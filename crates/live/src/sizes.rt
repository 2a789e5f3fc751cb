// Somebody attaches, or has another size: the viewer's screen is fresh, and the pane is as large as its place.
ghost use Rattle.std.specs.Prelude.{◌≡◌, ℕ, ◌+◌, ◌-◌, ◌*◌, ◌^◌, ◌<◌, false, List, Some, None, ◌==◌};
ghost use Rattle.meaning.specs.Words.{so_many};
ghost use Rattle.meaning.specs.Panes.{attach, rect, pane_wide, pane_high, as_large};
ghost use Rattle.grid.specs.Cells.{blank_number};
ghost use Rattle.engine.specs.Areas.{over};
ghost use Rattle.machine.specs.States.{terminal_in};
ghost use Rattle.turns.specs.Does.{Does};
ghost use Rattle.live.specs.Turned.{turned, Looked};
ghost use Rattle.live.specs.Fits.{Fitted};

use engine::{CELLS, MEMORY, MOST_CELLS, OUT, SCREEN};
use grid::cell::BLANK;
use grid::size::Size;
use machine::state::{Held, Machine};
use machine::{store, store_with_next};
use meaning::Told;
use render::pen::Pen;
use terminal::state::Terminal;
use turns::show::advance;

// A pane that is alone has all rows but the last.
fn place_of(size: Size) -> Size
    ensures wide { result.wide ≡ pane_wide (rect 0 0 size.wide (size.high - 1)) }
    ensures high { result.high ≡ pane_high (rect 0 0 size.wide (size.high - 1)) }
{
    Size {
        wide: size.wide,
        high: (size.high - 1).max(1),
    }
}

// The viewer's screen is taken to be blank.
pub(crate) fn clear_view(memory: &mut [u64; MEMORY], size: Size)
    ensures { memory.new ≡ over memory.old 2304 (so_many (size.high * size.wide) blank_number) }
{
    let n = size.cells();
    memory[SCREEN..SCREEN + n].fill(BLANK);
}

// The terminal's cells go through a row of their own, since the new ones begin where the old ones do.
fn fit(memory: &mut [u64; MEMORY], terminal: &mut Terminal, size: Size)
    ensures { Fitted terminal.old memory.old size.wide size.high terminal.new memory.new }
{
    let mut row = [0u64; MOST_CELLS];
    let k = terminal.size.cells();
    let n = size.cells();
    row[0..k].copy_from_slice(&memory[CELLS..CELLS + k]);
    terminal.resize(&row[0..k], size, &mut memory[CELLS..CELLS + n]);
}

// The machine of whoever has just attached.
fn looked_at(size: Size, next: u64, pane: Held) -> Machine
    requires { next < 2 ^ 47 }
    ensures { Looked size next pane result }
{
    Machine {
        size,
        attached: true,
        prefix: false,
        next,
        pane: Some(pane),
        pen: Pen::fresh(),
    }
}

// A pane and its size in one number.
fn pane_and_size(id: u64, size: Size) -> u64
    requires { id < 2 ^ 47 }
    ensures { result ≡ 65536 * id + 256 * size.wide + size.high }
{
    65536 * id + 256 * size.wide as u64 + size.high as u64
}

// The first who attaches gets a pane, whose program is started.
pub(crate) fn attach_first(memory: &mut [u64; MEMORY], x: Machine, size: Size) -> Told
    requires { x.pane ≡ None }
    ensures { (ys : List ℕ) → Does (turned x memory.old (attach size.wide size.high)) memory.old memory.new result ys ys }
{
    let id = x.next;
    let place = place_of(size);
    let n = place.cells();
    let terminal = Terminal::start(place, &mut memory[CELLS..CELLS + n]).unwrap();
    clear_view(memory, size);
    let y = looked_at(size, id, Held { id, terminal });
    store_with_next(memory, y, id + 1);
    Told::Start(pane_and_size(id, place))
}

// The pane gets another size, which is told.
fn resize_pane(memory: &mut [u64; MEMORY], x: Machine, p: Held, size: Size) -> Told
    requires pane { x.pane ≡ Some p }
    requires other { as_large (rect 0 0 size.wide (size.high - 1)) (terminal_in p.terminal memory.old) ≡ false }
    ensures { (ys : List ℕ) → Does (turned x memory.old (attach size.wide size.high)) memory.old memory.new result ys ys }
{
    let place = place_of(size);
    let mut terminal = p.terminal;
    fit(memory, &mut terminal, place);
    clear_view(memory, size);
    store(memory, looked_at(size, x.next, Held { id: p.id, terminal }));
    Told::Size(pane_and_size(p.id, place))
}

// A pane that is as large as its place stays as it is.
fn attach_again(
    memory: &mut [u64; MEMORY],
    x: Machine,
    p: Held,
    size: Size,
    out: &mut [u8; OUT],
) -> Told
    requires { x.pane ≡ Some p }
    ensures { Does (turned x memory.old (attach size.wide size.high)) memory.old memory.new result out.old out.new }
{
    if p.terminal.size == place_of(size) {
        clear_view(memory, size);
        return advance(memory, looked_at(size, x.next, p), out);
    }
    resize_pane(memory, x, p, size)
}

// Somebody attaches, or has another size.
pub(crate) fn take_size(
    memory: &mut [u64; MEMORY],
    x: Machine,
    size: Size,
    out: &mut [u8; OUT],
) -> Told
    ensures { Does (turned x memory.old (attach size.wide size.high)) memory.old memory.new result out.old out.new }
{
    match x.pane {
        Some(p) => attach_again(memory, x, p, size, out),
        None => attach_first(memory, x, size),
    }
}
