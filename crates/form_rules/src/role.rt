// What a function or a member of a class is.

/// What the function at a place is.
#[derive(Clone, Copy, Debug, PartialEq, Eq)]
pub enum Role {
    Plain,
    Method,
    DerivedConstructor,
}

/// Which half of a property a member of a class is.
#[derive(Clone, Copy, Debug, PartialEq, Eq)]
pub enum Half {
    Getter,
    Setter,
    Whole,
}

--------------------------------------------------

◆ TASK DIRECTIONS
The complete listing, unchanged, is the expected answer.

◆ TASK OUTPUT
filename crates/live/src/sizes.rt
repository 2a789e5f3fc751cb
// Somebody attaches, or has another size: the viewer's screen is fresh, and the pane is as large as its place.
ghost use Rattle.std.specs.Prelude.{◌≡◌, ℕ, ◌+◌, ◌-◌, ◌*◌, ◌^◌, ◌<◌, false, List, Some, None, ◌==◌};
ghost use Rattle.meaning.specs.Words.{so_many};
ghost use Rattle.meaning.specs.Panes.{attach, rect, pane_wide, pane_high, as_large};
ghost use Rattle.grid.specs.Cells.{blank_number};
ghost use Rattle.engine.specs.Areas.{over};
ghost use Rattle.machine.specs.States.{terminal_in};
ghost use Rattle.turns.specs.Does.{Does};
ghost use Rattle.live.specs.Turned.{turned, Looked};
ghost use Rattle.live.specs.Fits.{Fitted};

use engine::{CELLS, MEMORY, MOST_CELLS, OUT, SCREEN};
use grid::cell::BLANK;
use grid::size::Size;
use machine::state::{Held, Machine};
use machine::{store, store_with_next};
use meaning::Told;
use render::pen::Pen;
use terminal::state::Terminal;
use turns::show::advance;

// A pane that is alone has all rows but the last.
fn place_of(size: Size) -> Size
    ensures wide { result.wide ≡ pane_wide (rect 0 0 size.wide (size.high - 1)) }
    ensures high { result.high ≡ pane_high (rect 0 0 size.wide (size.high - 1)) }
{
    Size {
        wide: size.wide,
        high: (size.high - 1).max(1),
    }
}

// The viewer's screen is taken to be blank.
pub(crate) fn clear_view(memory: &mut [u64; MEMORY], size: Size)
    ensures { memory.new ≡ over memory.old 2304 (so_many (size.high * size.wide) blank_number) }
{
    let n = size.cells();
    memory[SCREEN..SCREEN + n].fill(BLANK);
}

// The terminal's cells go through a row of their own, since the new ones begin where the old ones do.
fn fit(memory: &mut [u64; MEMORY], terminal: &mut Terminal, size: Size)
    ensures { Fitted terminal.old memory.old size.wide size.high terminal.new memory.new }
{
    let mut row = [0u64; MOST_CELLS];
    let k = terminal.size.cells();
    let n = size.cells();
    row[0..k].copy_from_slice(&memory[CELLS..CELLS + k]);
    terminal.resize(&row[0..k], size, &mut memory[CELLS..CELLS + n]);
}

// The machine of whoever has just attached.
fn looked_at(size: Size, next: u64, pane: Held) -> Machine
    requires { next < 2 ^ 47 }
    ensures { Looked size next pane result }
{
    Machine {
        size,
        attached: true,
        prefix: false,
        next,
        pane: Some(pane),
        pen: Pen::fresh(),
    }
}

// A pane and its size in one number.
fn pane_and_size(id: u64, size: Size) -> u64
    requires { id < 2 ^ 47 }
    ensures { result ≡ 65536 * id + 256 * size.wide + size.high }
{
    65536 * id + 256 * size.wide as u64 + size.high as u64
}

// The first who attaches gets a pane, whose program is started.
pub(crate) fn attach_first(memory: &mut [u64; MEMORY], x: Machine, size: Size) -> Told
    requires { x.pane ≡ None }
    ensures { (ys : List ℕ) → Does (turned x memory.old (attach size.wide size.high)) memory.old memory.new result ys ys }
{
    let id = x.next;
    let place = place_of(size);
    let n = place.cells();
    let terminal = Terminal::start(place, &mut memory[CELLS..CELLS + n]).unwrap();
    clear_view(memory, size);
    let y = looked_at(size, id, Held { id, terminal });
    store_with_next(memory, y, id + 1);
    Told::Start(pane_and_size(id, place))
}

// The pane gets another size, which is told.
fn resize_pane(memory: &mut [u64; MEMORY], x: Machine, p: Held, size: Size) -> Told
    requires pane { x.pane ≡ Some p }
    requires other { as_large (rect 0 0 size.wide (size.high - 1)) (terminal_in p.terminal memory.old) ≡ false }
    ensures { (ys : List ℕ) → Does (turned x memory.old (attach size.wide size.high)) memory.old memory.new result ys ys }
{
    let place = place_of(size);
    let mut terminal = p.terminal;
    fit(memory, &mut terminal, place);
    clear_view(memory, size);
    store(memory, looked_at(size, x.next, Held { id: p.id, terminal }));
    Told::Size(pane_and_size(p.id, place))
}

// A pane that is as large as its place stays as it is.
fn attach_again(
    memory: &mut [u64; MEMORY],
    x: Machine,
    p: Held,
    size: Size,
    out: &mut [u8; OUT],
) -> Told
    requires { x.pane ≡ Some p }
    ensures { Does (turned x memory.old (attach size.wide size.high)) memory.old memory.new result out.old out.new }
{
    if p.terminal.size == place_of(size) {
        clear_view(memory, size);
        return advance(memory, looked_at(size, x.next, p), out);
    }
    resize_pane(memory, x, p, size)
}

// Somebody attaches, or has another size.
pub(crate) fn take_size(
    memory: &mut [u64; MEMORY],
    x: Machine,
    size: Size,
    out: &mut [u8; OUT],
) -> Told
    ensures { Does (turned x memory.old (attach size.wide size.high)) memory.old memory.new result out.old out.new }
{
    match x.pane {
        Some(p) => attach_again(memory, x, p, size, out),
        None => attach_first(memory, x, size),
    }
}
filename crates/form_rules/src/role.rt
// What a function or a member of a class is.

/// What the function at a place is.
#[derive(Clone, Copy, Debug, PartialEq, Eq)]
pub enum Role {
    Plain,
    Method,
    DerivedConstructor,
}

/// Which half of a property a member of a class is.
#[derive(Clone, Copy, Debug, PartialEq, Eq)]
pub enum Half {
    Getter,
    Setter,
    Whole,
}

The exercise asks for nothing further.